Thanks to both of you-that is exactly what I needed to know-how to do the very first thing-I should have asked it as that. 

So I tried this with the dog I thought might have a hard time getting the clicker-Mariele with the head injury. And I was wrong. After about 5 clicks she started doing sits and downs automatically to see if that would get her a click and a treat-I was astounded. She was staring at the clicker too-I am not sure if that is right or not-but it was cute. Like click, dangit! It may be like with kids and learning styles-this might be the thing that really helps her learn more easily (if I can learn it myself). 

I think Bruno might like this. That is who I got it for, for his excessive barking. He's a yippy dog, sad to say. But very quick and likes things moving fast. 

The mouth clicking has worked wonders with Anna, so I am excited to start this with the rest of the group. Glad I saw this thread because the problem has been how noisy the clickers are (for all of us).


----------



## Spiritsmam (Nov 10, 2007)

So I had an old style clicker that I started off training Sam with.
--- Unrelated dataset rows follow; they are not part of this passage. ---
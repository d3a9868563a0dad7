//! Where a run over nodes tells their events.
ghost use Rattle.std.specs.Prelude.{◌≡◌, IfErr, true};
ghost use Rattle.rx_drive.specs.Ran.{stop_of};
ghost use Rattle.rx_drive.specs.Tells.{TellsOf};
ghost use Rattle.rx_model.specs.declared.event.Event.TheVariants as events;
ghost use Rattle.rx_wire.specs.Turns.{noted};

use crate::stop::Stop;
use rx_model::{Event, Host, Took};

/// Where a run over nodes tells their events: each is noted, and then its line is put, if it has one.
pub trait Outside {
    ghost use Rattle.std.specs.Prelude.{Bool};
    ghost use Rattle.rx_drive.specs.Tells.{Told, Ways};

    /// What it tells.
    ghost told: { Self → Told };

    /// How it tells it: with which lines, and by which references.
    ghost ways: { Self → Ways };

    /// Whether a note may want memory.
    ghost may_want: { Bool };

    /// Tells an event of a node.
    fn tell(&mut self, node: u32, event: &Event) -> Result<(), Stop>
        ensures told { TellsOf (ways self.old).line (stop_of result) (told self.old) (told self.new)
            (noted node event.now) }
        ensures ways { ways self.new ≡ ways self.old }
        ensures wants { IfErr result (λ stop. stop ≡ Stop.Unnoted → may_want ≡ true) };

    /// Tells that a poll of a node gave these bytes for a host.
    fn tell_polled(&mut self, node: u32, to: Host, bytes: &[u8]) -> Result<(), Stop>
        ensures told { TellsOf (ways self.old).line (stop_of result) (told self.old) (told self.new)
            (noted node (events.Polled (Some (to, bytes.now)))) }
        ensures ways { ways self.new ≡ ways self.old }
        ensures wants { IfErr result (λ stop. stop ≡ Stop.Unnoted → may_want ≡ true) };

    /// Tells that a node took these bytes from a host, and what it answered.
    fn tell_taken(&mut self, node: u32, from: Host, bytes: &[u8], got: Took) -> Result<(), Stop>
        ensures told { TellsOf (ways self.old).line (stop_of result) (told self.old) (told self.new)
            (noted node (events.Taken from bytes.now got)) }
        ensures ways { ways self.new ≡ ways self.old }
        ensures wants { IfErr result (λ stop. stop ≡ Stop.Unnoted → may_want ≡ true) };
}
Then I bought one of Karen Pryor's clicker training kit complete with an i-click. I tried it with Sam and he gave me what I can only describe as a "you must be kidding" look, turning round and walking away. I tried starting again to condition him to the new clicker but he wasn't having any of it. I eventually gave up, went back to the older, louder clicker and he was right there at my feet!


----------



## JeanKBBMMMAAN (May 11, 2005)

HA! My dogs ran and hid! Did I mention that none appear to have been bred for temperament?







I







them.


----------



## DancingCavy (Feb 19, 2001)

Awww Jean. You made me blush.









If you find your guys are watching the clicker too much, you can put it behind your back when you're working. That way they focus on you and not the clicker.

I'm so glad to hear it's working so well already. Told you those lightbulbs would turn on.


----------